Com a Alemanha devastada e dividida pela guerra, decidiu sair dali em busca de uma vida melhor. Veio para a Argentina em 1947 e seu espanhol já se tinha tornado fulente, apesar do seu sotaque nitidamente germanizado. Tinha ganho a vida a preparar motores ao longo dos anos, abrindo a sua oficina e depois pegando nos V8 da Chevrolet para os construir e melhorar, com a tipica precisão alemã. E assim, os motores Chevy-Fuchs eram tão conhecidos na Argentina como Juan Manuel Fangio ou Froilan Gonzalez.

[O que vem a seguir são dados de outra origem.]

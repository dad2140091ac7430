//! The first rule that a page in use breaks by itself, told from the bytes of its tree.
ghost use Rattle.std.specs.Prelude.{◌≡◌, ◌≤◌, ◌↔◌, length, All, IfSome, IsNone, IsTrue};
ghost use Rattle.hb_frag.specs.Leaves.{IsWellCut, leaves, leaves_of, weight_of};
ghost use Rattle.hb_frag.specs.Rules.{BelongsAt, IsFilledRight, IsInOrder, IsNormal, IsSiblingTip};
ghost use Rattle.hb_ops.specs.Sound.{FitsFile, BreaksFirst};
ghost use Rattle.hb_space.specs.Boxes.{Area as Extent};
ghost use Rattle.hb_view.specs.Limits.{meta_with};
ghost use Rattle.hb_view.specs.Seen.{tree_seen, area_seen};

use crate::bounds::Bounds;
use crate::order::behind_order;
use crate::roots::{Root, root_of};
use crate::rules::{behind_cuts, behind_kinds, behind_normal};
use crate::trees::{Inside, TreeView};
use crate::walking::weigh;
use hb_frag::capacity_of;
use hb_space::form::PAGE;

/// What a file says of itself that a page by itself has to keep.
#[derive(Clone, Copy)]
pub(crate) struct Limits {
    /// The number of attributes.
    pub k: u8,
    /// The number of levels.
    pub height: u8,
    /// What a page of level 0 may weigh.
    pub dcap: u16,
    /// What a page of a higher level may weigh.
    pub icap: u16,
}

// Rule 4: every cut cuts its box.
fn is_cut(inside: &Inside<'_>) -> bool
    ensures { IsTrue result ↔ IsWellCut (tree_seen inside.now.tree) (area_seen inside.now) }
{
    let mut bounds = Bounds::of(inside);
    match behind_cuts(&inside.tree, &mut bounds) {
        Some(_) => true,
        None => false,
    }
}

// Whether each leaf is of a kind that stands at the level.
fn all_belong(tree: &TreeView<'_>, level: u8) -> bool
    ensures { IsTrue result ↔ All (BelongsAt level) (leaves (tree_seen tree.now)) }
{
    match behind_kinds(tree, level) {
        Some(_) => true,
        None => false,
    }
}

// Whether all of the tree is one sibling leaf.
fn is_sibling(tree: &TreeView<'_>) -> bool
    ensures { IsTrue result ↔ IsSiblingTip (tree_seen tree.now) }
{
    match root_of(tree) {
        Root::Sibling { .. } => true,
        Root::Cut { .. } => false,
        Root::Records { .. } => false,
        Root::Child { .. } => false,
    }
}

// Rule 5: leaves of the right kinds, a weight that the page may have, and no lone sibling leaf.
fn is_filled_right(tree: &TreeView<'_>, level: u8, limits: Limits) -> bool
    requires { weight_of (tree_seen tree.now) ≤ PAGE }
    ensures { (area : Extent) → IsTrue result ↔ IsFilledRight (record { level = level; area = area; frag = tree_seen tree.now })
        limits.dcap limits.icap }
{
    all_belong(tree, level)
        && weigh(tree).0 <= u32::from(capacity_of(level, limits.dcap, limits.icap))
        && !is_sibling(tree)
}

// Rule 6: the records of each leaf lie in its box and rise.
fn is_in_order(inside: &Inside<'_>) -> bool
    requires { IsWellCut (tree_seen inside.now.tree) (area_seen inside.now) }
    ensures { IsTrue result ↔ All IsInOrder (leaves_of (tree_seen inside.now.tree) (area_seen inside.now)) }
{
    let mut bounds = Bounds::of(inside);
    match behind_order(&inside.tree, &mut bounds) {
        Some(_) => true,
        None => false,
    }
}

// Rule 10: no cut has two sides that should be one leaf.
fn is_normal(tree: &TreeView<'_>) -> bool
    ensures { IsTrue result ↔ IsNormal (tree_seen tree.now) }
{
    match behind_normal(tree) {
        Some(_) => true,
        None => false,
    }
}

/// The least of the rules 3, 4, 5, 6 and 10 that a page of this level breaks by itself, with this box and tree. `None`
/// where it keeps them all.
pub(crate) fn first_broken(inside: &Inside<'_>, level: u8, limits: Limits) -> Option<u8>
    requires same { inside.now.tree.k.number ≡ length (area_seen inside.now).lo }
    requires light { weight_of (tree_seen inside.now.tree) ≤ PAGE }
    ensures none { IsNone result ↔ FitsFile (meta_with limits.k limits.height limits.dcap limits.icap)
        (record { level = level; area = area_seen inside.now; frag = tree_seen inside.now.tree }) }
    ensures first { IfSome result (λ r. BreaksFirst r
        (record { level = level; area = area_seen inside.now; frag = tree_seen inside.now.tree })
        (meta_with limits.k limits.height limits.dcap limits.icap)) }
{
    if level >= limits.height || inside.tree.k.number != limits.k {
        return Some(3);
    }
    if !is_cut(inside) {
        return Some(4);
    }
    if !is_filled_right(&inside.tree, level, limits) {
        return Some(5);
    }
    if !is_in_order(inside) {
        return Some(6);
    }
    if !is_normal(&inside.tree) {
        return Some(10);
    }
    None
}
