//! The records of a leaf, from the front of bytes.
ghost use Rattle.std.specs.Prelude.{◌≡◌, ◌*◌, ◌≤◌, length, IfSome, option_map};
ghost use Rattle.hb_page_codec.specs.Reading.{ReadsAs};
ghost use Rattle.hb_page_codec.specs.ReadingFields.{record_at};
ghost use Rattle.hb_view.specs.Corners.{point_there};
ghost use Rattle.hb_view.specs.Seen.{list_seen, after_seen};
ghost use Rattle.hb_view.specs.Views.{FindsAmong};

use crate::corners::{is_point, point_read};
use crate::fields::body_of;
use crate::skipping::behind_list;
use crate::trees::ListView;
use hb_page_codec::point_of;
use hb_space::form::BMAX;
use hb_space::{Attributes, Point};

/// A record as its point and the bytes of its body, and the bytes behind it.
#[tactic(auto, unfolding(hb_page_codec::specs::ReadingFields::record_at))]
pub(crate) fn entry_of(k: Attributes, bytes: &[u8]) -> Option<(Point, &[u8], &[u8])>
    ensures { ReadsAs (λ x. (record { key = x.0; body = x.1.now }, x.2.now)) result (record_at k.number bytes.now) }
{
    let (key, rest) = point_of(k, bytes)?;
    let (body, rest) = body_of(rest)?;
    Some((key, body, rest))
}

/// A record as the bytes of its point and those of its body, and the bytes behind it.
#[tactic(auto, unfolding(hb_page_codec::specs::ReadingFields::record_at))]
pub(crate) fn parts_of(k: Attributes, bytes: &[u8]) -> Option<(&[u8], &[u8], &[u8])>
    ensures reads { ReadsAs (λ x. (record { key = point_there k.number x.0.now; body = x.1.now }, x.2.now)) result (record_at k.number bytes.now) }
    ensures room { IfSome result (λ x. 8 * k.number ≤ length x.0.now) }
    ensures short { IfSome result (λ x. length x.1.now ≤ BMAX) }
{
    let (key, rest) = point_read(k, bytes)?;
    let (body, rest) = body_of(rest)?;
    Some((key, body, rest))
}

/// The body of the first of the records that has the point. None where none has it.
pub(crate) fn body_among<'a>(list: &ListView<'a>, p: &[u64]) -> Option<&'a [u8]>
    requires { length p.now ≡ list.now.k.number }
    ensures found { FindsAmong p.now (list_seen list.now) (option_map (λ b. b.now) result) }
    ensures short { IfSome result (λ b. length b.now ≤ BMAX) }
{
    let mut rest = list.first;
    for _ in 0..list.count {
        match parts_of(list.k, rest) {
            Some((key, body, after)) => {
                if is_point(list.k, key, p) {
                    return Some(body);
                }
                rest = after;
            }
            None => unreachable!(),
        }
    }
    None
}

/// The bytes behind the records.
pub(crate) fn rest_behind_list<'a>(list: &ListView<'a>) -> &'a [u8]
    ensures { result.now ≡ after_seen list.now }
{
    match behind_list(list.k, list.count, list.first) {
        Some(rest) => rest,
        None => unreachable!(),
    }
}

Mas Fuchs ainda tinha outra coisa: um bom piloto, que sabia guiar e melhorar a performance dos seus carros, especialmente os de Formula 2. Alguns pilotos o tinham conhecido na Temporada Sul-Americana e nas corridas de Buenos Aires e Interlagos do ano anterior, num Jordan-Temple alugado. Quando Normann teve o seu fliho, naqueles últimos dias antes do Natal de 1944, em Estugarda, entre os bombardeamentos aliados naquele final de guerra que todos sabiam estar perdido, não esperava que ele sobrevivesse ao fim da guerra, dada a sua fragilidade. Tinha nascido cinco semanas antes de tempo, entre bombas a caírem na cidade, e quase ninguém esperava muito dele. Mas contrariando tudo e todos, Johann sobreviveu e tornou-se num menino saudável, mesmo tendo sobrevivido uma viagem transatlântica para Buenos Aires, em 1947. E em Buenos Aires, o Johann virou Juan e tornou-se num bom piloto, capaz de guiar qualquer boa máquina. E como Temple e Fuchs eram bons amigos, lhe deu um carro para ele, com o seu pai nas oficinas a afinar o motor durante aquele final de semana, quer aqui, quer no Brasil.